**THE PROBLEM**. Every line below that holds "inside" must be copied.
(DATA SHOWN begins)
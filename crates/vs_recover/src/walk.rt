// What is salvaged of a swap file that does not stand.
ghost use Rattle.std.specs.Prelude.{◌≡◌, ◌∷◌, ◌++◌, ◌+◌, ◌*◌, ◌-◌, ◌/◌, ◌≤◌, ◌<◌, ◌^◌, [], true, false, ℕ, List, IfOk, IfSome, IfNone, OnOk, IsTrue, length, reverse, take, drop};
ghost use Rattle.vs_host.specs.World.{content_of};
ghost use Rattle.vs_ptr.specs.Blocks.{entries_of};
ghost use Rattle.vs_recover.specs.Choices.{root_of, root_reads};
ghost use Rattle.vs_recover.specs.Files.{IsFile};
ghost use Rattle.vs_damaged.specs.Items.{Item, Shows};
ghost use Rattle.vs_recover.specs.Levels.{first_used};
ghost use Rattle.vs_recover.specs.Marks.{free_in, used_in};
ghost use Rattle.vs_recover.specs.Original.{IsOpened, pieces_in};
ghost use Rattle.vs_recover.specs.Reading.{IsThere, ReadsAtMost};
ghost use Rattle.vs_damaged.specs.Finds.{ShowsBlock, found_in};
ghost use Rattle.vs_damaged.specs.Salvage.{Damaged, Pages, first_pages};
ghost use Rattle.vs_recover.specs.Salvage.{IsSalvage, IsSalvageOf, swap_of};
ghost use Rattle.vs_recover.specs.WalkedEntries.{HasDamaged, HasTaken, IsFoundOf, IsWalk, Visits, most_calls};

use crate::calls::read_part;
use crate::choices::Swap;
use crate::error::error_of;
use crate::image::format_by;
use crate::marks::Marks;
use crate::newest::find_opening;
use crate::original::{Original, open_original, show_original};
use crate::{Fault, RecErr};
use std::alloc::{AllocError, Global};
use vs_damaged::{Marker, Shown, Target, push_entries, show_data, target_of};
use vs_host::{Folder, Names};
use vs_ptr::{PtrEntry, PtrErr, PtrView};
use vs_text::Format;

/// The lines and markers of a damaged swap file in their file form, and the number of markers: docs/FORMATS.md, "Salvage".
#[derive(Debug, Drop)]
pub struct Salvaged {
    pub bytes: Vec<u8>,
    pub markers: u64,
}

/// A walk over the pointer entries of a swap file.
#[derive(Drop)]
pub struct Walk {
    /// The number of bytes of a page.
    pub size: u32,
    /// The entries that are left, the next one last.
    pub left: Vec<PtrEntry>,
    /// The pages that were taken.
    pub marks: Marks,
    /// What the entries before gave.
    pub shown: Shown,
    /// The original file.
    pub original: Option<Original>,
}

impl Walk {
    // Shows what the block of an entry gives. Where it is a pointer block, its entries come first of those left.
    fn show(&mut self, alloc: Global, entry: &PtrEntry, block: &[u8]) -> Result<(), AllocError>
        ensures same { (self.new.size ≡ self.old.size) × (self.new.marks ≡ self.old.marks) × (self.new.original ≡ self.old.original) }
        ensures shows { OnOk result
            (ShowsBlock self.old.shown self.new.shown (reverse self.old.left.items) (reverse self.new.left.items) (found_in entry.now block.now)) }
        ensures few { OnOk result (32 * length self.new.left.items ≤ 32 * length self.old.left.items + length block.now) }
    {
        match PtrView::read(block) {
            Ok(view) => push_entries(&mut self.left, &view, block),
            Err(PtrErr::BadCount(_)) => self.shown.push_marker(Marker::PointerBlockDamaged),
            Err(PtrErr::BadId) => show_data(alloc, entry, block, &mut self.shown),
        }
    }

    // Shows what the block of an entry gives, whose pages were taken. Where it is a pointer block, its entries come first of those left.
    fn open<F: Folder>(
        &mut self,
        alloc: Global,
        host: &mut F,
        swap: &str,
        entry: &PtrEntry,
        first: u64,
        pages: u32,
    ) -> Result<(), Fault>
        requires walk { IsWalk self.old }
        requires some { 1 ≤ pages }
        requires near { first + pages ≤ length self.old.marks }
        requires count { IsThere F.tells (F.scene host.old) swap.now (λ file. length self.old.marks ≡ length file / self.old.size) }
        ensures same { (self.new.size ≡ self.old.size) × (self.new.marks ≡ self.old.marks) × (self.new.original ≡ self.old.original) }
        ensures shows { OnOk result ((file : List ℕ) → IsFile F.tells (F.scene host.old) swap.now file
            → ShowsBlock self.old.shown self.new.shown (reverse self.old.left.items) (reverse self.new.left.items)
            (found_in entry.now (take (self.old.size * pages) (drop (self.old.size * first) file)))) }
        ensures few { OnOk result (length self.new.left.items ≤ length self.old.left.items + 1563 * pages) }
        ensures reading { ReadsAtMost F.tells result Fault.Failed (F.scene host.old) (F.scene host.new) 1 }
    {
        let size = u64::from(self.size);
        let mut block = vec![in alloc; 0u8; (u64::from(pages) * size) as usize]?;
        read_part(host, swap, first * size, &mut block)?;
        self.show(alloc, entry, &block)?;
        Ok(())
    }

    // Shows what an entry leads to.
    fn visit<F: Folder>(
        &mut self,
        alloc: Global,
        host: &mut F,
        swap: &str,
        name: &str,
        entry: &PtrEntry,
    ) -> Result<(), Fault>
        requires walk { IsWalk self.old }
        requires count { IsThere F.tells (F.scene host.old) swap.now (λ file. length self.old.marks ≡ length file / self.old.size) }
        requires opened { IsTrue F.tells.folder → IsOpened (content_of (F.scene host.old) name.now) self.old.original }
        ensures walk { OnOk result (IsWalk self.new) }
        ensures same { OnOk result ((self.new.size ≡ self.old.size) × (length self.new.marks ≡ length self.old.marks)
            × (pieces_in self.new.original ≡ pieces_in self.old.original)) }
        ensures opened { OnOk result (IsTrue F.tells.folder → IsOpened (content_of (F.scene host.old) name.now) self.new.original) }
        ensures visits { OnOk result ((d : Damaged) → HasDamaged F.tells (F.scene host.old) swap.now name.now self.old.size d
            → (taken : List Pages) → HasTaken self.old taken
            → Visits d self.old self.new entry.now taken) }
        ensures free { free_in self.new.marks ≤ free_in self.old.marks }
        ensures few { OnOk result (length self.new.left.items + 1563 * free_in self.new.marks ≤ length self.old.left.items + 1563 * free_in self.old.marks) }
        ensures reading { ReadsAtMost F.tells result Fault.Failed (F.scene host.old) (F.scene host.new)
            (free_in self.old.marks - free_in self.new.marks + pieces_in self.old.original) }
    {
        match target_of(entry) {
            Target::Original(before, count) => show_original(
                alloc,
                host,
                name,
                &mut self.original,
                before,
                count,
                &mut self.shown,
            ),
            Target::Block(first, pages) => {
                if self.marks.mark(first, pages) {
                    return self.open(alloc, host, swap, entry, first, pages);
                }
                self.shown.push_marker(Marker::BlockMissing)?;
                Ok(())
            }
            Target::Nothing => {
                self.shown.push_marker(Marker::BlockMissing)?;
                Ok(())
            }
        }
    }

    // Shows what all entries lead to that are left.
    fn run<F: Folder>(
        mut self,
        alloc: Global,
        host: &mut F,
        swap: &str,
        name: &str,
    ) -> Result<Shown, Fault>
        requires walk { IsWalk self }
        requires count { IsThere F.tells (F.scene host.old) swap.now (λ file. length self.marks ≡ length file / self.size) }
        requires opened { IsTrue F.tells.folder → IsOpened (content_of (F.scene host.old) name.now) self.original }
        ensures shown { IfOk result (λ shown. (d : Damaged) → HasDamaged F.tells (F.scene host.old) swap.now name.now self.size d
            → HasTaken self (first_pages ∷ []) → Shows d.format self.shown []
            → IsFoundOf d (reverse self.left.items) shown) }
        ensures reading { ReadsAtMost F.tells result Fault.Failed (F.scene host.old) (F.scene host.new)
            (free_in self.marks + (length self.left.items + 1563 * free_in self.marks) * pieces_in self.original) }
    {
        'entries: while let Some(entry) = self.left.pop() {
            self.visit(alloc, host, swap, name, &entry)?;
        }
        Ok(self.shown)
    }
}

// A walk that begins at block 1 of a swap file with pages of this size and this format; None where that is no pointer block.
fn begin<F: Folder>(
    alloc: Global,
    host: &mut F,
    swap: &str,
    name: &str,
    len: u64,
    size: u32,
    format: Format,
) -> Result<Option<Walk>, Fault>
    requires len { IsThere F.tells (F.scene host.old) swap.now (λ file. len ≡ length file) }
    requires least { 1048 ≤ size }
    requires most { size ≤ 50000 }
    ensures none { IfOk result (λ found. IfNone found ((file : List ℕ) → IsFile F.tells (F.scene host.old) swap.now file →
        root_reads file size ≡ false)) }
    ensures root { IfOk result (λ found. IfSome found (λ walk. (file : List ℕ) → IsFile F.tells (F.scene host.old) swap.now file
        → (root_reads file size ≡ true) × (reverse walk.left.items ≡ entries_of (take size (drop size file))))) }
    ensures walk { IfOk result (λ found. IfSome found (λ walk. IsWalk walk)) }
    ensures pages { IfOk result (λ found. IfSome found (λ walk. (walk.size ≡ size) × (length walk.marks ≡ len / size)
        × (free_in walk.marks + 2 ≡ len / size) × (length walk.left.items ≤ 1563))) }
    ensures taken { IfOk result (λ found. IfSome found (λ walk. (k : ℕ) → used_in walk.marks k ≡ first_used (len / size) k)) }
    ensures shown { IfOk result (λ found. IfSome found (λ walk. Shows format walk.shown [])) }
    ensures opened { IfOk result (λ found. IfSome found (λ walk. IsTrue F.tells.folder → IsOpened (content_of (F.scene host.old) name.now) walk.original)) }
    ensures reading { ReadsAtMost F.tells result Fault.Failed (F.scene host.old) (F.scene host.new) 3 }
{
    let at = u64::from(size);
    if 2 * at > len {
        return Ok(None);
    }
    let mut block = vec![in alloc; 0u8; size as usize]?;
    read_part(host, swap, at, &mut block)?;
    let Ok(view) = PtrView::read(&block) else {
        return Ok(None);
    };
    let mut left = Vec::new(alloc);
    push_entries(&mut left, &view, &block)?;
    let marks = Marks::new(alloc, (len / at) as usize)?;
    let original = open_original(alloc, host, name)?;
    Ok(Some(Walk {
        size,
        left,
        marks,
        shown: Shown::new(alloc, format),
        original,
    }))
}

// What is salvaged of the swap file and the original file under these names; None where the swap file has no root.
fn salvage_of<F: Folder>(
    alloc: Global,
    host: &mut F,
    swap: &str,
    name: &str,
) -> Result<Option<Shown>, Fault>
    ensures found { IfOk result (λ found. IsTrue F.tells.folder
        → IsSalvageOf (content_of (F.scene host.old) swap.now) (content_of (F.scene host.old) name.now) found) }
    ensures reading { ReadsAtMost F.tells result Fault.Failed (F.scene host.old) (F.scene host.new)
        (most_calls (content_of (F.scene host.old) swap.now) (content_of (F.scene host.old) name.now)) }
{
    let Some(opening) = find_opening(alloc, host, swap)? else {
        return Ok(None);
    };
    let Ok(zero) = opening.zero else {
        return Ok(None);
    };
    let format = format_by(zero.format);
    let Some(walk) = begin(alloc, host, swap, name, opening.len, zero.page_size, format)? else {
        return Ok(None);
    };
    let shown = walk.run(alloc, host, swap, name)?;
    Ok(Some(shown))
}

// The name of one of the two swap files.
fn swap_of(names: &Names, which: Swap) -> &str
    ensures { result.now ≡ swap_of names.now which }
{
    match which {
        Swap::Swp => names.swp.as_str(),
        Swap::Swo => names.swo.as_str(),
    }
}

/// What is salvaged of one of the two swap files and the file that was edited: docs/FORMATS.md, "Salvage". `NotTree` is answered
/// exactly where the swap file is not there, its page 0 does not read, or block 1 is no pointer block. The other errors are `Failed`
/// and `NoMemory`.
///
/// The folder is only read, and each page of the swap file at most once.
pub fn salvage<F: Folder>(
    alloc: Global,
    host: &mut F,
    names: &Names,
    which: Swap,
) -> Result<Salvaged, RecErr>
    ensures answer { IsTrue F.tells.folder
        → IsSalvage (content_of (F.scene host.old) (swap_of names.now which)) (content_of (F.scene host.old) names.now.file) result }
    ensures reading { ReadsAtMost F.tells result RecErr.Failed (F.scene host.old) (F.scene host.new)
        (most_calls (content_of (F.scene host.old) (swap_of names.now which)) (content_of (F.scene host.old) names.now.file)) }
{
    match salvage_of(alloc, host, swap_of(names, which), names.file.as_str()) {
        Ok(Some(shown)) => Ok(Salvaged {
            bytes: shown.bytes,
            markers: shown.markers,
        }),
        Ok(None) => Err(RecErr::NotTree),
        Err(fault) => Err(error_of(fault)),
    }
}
(DATA SHOWN ends)
(DATA SHOWN begins)
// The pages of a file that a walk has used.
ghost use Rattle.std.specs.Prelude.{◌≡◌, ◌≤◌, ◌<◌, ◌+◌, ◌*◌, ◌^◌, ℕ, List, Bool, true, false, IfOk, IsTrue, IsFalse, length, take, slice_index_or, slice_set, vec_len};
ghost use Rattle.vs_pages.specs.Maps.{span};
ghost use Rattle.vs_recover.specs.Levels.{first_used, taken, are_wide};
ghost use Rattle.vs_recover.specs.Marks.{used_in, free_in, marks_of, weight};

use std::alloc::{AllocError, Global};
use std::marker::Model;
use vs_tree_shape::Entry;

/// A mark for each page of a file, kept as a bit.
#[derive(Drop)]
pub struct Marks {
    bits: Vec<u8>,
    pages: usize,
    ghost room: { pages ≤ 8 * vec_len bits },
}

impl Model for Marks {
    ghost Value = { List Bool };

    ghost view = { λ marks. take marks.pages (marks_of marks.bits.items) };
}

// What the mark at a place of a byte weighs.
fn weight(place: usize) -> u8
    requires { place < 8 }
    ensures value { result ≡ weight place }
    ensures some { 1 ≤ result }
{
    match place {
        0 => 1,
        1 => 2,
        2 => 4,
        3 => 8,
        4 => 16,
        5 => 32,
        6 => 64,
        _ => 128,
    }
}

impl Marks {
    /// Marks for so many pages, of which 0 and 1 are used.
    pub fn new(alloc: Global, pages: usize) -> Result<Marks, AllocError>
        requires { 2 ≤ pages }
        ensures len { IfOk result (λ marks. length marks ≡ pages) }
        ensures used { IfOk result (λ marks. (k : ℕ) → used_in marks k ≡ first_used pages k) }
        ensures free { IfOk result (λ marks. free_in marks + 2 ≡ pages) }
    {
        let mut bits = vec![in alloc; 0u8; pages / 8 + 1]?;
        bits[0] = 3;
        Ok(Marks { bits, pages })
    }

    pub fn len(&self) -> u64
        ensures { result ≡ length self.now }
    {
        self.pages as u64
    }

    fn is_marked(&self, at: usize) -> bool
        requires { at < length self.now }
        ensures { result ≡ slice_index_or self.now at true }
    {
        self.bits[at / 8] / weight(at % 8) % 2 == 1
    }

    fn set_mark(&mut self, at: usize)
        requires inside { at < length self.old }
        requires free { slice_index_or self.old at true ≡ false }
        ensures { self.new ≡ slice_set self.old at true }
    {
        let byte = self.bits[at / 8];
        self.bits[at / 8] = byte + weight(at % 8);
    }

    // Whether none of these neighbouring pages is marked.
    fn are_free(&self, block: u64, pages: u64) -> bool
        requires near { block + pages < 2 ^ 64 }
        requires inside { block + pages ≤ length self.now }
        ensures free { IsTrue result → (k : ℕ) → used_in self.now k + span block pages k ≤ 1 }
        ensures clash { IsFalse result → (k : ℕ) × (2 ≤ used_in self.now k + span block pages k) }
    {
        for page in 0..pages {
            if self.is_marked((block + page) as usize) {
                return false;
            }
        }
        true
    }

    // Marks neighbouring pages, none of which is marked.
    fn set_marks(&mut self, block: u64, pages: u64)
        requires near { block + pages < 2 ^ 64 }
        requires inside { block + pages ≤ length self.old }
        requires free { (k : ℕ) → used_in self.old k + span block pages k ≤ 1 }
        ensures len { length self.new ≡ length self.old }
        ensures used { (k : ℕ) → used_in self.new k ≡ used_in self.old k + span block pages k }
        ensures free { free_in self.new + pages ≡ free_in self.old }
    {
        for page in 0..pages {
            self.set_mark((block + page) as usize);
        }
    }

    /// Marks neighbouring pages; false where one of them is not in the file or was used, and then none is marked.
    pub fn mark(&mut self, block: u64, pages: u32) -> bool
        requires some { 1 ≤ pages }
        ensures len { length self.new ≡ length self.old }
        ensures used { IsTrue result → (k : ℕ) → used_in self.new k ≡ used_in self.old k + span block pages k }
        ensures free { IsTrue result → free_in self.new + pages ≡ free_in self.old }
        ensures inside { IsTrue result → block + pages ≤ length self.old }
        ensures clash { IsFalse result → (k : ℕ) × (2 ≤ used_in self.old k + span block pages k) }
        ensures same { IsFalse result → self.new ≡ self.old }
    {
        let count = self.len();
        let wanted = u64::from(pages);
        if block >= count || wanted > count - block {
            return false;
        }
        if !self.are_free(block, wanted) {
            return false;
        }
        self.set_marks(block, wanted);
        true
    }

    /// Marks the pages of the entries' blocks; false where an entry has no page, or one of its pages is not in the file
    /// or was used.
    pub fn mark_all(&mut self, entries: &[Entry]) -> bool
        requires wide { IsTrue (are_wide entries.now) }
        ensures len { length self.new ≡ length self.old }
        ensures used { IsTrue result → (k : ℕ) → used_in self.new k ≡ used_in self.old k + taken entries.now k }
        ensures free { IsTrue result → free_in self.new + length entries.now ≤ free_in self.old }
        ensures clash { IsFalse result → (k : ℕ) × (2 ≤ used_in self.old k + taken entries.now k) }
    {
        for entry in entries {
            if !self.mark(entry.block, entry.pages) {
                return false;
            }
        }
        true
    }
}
(DATA SHOWN ends)
**TASK RESPONSE**.
        requires inside { at < length self.old }
        requires inside { block + pages ≤ length self.now }
        requires inside { block + pages ≤ length self.old }
        ensures inside { IsTrue result → block + pages ≤ length self.old }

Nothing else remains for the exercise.